**Instructions to follow**: Below are records; report how many of their lines contain the word "Some", giving only the number.

**Source data**:

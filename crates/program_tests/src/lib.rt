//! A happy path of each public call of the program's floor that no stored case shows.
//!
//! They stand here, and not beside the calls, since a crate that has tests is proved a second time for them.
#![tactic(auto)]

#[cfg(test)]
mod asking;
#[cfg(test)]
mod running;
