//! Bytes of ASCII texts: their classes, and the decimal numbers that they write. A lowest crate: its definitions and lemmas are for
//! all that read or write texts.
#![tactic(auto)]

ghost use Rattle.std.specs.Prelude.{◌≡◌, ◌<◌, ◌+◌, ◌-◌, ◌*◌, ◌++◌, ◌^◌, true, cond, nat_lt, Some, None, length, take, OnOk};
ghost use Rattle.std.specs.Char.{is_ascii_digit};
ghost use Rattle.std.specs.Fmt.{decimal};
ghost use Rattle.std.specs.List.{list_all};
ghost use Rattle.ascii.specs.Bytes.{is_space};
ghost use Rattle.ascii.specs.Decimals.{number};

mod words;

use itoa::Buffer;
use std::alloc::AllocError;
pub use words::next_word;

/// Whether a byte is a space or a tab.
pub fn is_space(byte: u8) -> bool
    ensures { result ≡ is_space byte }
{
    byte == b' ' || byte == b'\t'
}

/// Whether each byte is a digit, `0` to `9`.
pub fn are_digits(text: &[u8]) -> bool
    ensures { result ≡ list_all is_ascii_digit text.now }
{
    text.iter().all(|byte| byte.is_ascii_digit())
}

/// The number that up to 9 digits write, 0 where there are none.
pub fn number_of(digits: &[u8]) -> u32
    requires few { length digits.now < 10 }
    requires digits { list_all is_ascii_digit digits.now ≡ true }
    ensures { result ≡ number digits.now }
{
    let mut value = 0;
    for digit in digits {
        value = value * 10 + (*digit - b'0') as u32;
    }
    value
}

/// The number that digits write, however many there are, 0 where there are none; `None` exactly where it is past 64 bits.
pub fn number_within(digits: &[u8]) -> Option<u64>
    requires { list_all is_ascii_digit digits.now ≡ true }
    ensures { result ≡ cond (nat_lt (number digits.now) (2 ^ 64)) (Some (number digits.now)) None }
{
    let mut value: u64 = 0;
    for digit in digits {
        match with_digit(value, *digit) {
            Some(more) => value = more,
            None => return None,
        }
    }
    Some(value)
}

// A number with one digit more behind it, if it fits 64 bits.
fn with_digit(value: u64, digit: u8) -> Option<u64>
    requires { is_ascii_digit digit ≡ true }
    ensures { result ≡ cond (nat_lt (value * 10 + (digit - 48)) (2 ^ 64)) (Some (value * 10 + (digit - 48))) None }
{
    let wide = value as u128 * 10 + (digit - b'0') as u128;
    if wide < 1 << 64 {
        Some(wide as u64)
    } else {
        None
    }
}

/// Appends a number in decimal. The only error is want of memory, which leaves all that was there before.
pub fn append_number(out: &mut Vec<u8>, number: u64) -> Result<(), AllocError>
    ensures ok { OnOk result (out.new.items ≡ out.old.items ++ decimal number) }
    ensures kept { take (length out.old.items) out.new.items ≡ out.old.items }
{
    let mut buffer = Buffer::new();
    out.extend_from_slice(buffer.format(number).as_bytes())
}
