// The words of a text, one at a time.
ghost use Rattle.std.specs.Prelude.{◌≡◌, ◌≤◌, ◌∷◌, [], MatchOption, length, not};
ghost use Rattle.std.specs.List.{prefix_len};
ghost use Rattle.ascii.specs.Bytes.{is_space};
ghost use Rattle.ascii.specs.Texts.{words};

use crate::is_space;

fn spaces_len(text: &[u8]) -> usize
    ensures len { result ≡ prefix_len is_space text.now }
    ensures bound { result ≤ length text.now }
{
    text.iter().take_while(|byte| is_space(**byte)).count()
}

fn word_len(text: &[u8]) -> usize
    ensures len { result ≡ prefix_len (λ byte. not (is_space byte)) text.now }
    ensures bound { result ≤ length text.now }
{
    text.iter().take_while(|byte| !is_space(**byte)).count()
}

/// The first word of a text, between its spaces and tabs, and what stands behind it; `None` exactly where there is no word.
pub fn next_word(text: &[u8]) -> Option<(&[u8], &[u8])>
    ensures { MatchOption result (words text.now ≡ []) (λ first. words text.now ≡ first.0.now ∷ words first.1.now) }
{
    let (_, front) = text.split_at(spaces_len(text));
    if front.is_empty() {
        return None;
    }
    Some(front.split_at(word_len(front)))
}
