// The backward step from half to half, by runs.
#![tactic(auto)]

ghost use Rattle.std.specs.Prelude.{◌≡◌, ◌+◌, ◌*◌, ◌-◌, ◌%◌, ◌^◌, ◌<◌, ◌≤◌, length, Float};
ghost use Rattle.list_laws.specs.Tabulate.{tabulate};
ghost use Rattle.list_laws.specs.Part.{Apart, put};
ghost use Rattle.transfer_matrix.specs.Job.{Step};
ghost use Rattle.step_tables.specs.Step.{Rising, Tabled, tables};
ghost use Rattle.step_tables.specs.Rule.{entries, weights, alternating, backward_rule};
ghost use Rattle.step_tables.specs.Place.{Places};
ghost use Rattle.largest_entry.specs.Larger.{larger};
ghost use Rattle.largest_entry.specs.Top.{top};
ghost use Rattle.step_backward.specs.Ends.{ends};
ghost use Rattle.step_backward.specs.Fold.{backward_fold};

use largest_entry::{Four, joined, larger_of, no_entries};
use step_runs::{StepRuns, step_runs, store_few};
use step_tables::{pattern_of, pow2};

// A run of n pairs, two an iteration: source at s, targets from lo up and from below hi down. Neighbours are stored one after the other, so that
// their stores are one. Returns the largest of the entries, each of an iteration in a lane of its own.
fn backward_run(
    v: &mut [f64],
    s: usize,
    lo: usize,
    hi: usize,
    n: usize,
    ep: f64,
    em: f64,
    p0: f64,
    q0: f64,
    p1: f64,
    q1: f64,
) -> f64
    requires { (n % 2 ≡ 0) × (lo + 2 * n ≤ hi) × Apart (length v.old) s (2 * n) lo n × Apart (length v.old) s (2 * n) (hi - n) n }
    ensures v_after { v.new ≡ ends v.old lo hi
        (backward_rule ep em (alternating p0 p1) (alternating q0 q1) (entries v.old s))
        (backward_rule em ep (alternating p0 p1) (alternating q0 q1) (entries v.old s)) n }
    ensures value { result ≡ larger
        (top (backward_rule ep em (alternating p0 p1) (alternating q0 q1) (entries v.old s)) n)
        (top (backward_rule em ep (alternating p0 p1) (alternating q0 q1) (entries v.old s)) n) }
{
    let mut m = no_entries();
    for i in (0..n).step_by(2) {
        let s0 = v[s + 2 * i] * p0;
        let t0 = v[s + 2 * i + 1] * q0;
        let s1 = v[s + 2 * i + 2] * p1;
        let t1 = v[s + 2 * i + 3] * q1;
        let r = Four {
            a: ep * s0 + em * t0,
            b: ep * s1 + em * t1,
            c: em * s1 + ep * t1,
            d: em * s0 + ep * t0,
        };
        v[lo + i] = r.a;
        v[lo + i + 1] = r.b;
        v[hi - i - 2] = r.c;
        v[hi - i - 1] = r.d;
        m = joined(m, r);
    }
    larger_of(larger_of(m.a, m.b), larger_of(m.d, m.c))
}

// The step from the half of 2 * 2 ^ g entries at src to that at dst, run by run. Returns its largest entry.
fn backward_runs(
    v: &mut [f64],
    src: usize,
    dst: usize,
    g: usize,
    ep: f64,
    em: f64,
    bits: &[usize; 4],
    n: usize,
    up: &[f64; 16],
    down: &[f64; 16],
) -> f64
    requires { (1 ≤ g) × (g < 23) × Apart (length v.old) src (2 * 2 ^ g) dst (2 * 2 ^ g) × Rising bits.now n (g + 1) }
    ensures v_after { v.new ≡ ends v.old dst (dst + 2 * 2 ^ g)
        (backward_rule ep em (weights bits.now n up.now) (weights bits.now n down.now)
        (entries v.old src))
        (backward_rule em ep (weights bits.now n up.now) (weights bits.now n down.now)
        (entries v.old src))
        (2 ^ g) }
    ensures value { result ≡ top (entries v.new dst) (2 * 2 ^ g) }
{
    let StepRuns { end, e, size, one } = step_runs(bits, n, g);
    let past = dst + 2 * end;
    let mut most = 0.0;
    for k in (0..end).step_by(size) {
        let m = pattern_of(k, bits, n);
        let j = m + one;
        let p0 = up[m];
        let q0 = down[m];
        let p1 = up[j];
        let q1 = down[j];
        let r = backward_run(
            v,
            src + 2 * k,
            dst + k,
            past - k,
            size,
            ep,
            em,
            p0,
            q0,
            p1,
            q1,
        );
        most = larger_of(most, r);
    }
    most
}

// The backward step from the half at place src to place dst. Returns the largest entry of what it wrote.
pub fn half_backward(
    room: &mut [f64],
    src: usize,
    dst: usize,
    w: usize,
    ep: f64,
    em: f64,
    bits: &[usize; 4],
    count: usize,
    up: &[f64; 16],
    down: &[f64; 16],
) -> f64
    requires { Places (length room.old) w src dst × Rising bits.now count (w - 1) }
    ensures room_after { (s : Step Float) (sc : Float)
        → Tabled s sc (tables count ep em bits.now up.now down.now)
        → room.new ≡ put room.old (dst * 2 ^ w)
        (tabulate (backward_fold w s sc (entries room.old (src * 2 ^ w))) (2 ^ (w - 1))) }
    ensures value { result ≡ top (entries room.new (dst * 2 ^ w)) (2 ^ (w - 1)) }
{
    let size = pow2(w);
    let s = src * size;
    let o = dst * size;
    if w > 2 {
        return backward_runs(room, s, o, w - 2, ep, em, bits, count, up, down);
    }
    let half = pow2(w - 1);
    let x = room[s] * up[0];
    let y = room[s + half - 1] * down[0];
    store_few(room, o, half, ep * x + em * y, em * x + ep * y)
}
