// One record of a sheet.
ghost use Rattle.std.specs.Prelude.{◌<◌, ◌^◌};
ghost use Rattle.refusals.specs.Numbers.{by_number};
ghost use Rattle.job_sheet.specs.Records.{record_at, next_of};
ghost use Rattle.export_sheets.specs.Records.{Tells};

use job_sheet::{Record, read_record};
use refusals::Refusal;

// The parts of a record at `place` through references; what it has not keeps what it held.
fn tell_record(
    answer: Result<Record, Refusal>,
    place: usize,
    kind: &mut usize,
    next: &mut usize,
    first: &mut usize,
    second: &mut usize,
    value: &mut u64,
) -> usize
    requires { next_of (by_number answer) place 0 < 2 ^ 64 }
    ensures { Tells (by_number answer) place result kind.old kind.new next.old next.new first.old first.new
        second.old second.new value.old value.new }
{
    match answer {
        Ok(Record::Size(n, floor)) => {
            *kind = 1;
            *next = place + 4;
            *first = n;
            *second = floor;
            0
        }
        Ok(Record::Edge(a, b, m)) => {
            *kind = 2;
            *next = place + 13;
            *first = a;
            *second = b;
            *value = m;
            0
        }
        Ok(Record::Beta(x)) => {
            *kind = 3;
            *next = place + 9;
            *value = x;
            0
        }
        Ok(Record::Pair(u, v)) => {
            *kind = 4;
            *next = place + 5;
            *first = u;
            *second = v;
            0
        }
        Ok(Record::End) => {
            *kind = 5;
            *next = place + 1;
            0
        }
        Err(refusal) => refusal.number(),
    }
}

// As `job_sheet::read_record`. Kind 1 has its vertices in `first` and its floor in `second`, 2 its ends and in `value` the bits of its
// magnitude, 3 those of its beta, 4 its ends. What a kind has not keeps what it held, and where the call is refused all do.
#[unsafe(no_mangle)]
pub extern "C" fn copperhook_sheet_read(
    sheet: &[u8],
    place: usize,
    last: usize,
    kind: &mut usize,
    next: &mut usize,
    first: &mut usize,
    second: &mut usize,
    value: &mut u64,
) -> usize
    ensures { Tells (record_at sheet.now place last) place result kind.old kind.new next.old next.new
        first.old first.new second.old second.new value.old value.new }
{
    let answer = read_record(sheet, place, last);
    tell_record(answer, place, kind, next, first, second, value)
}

**Task output**: 7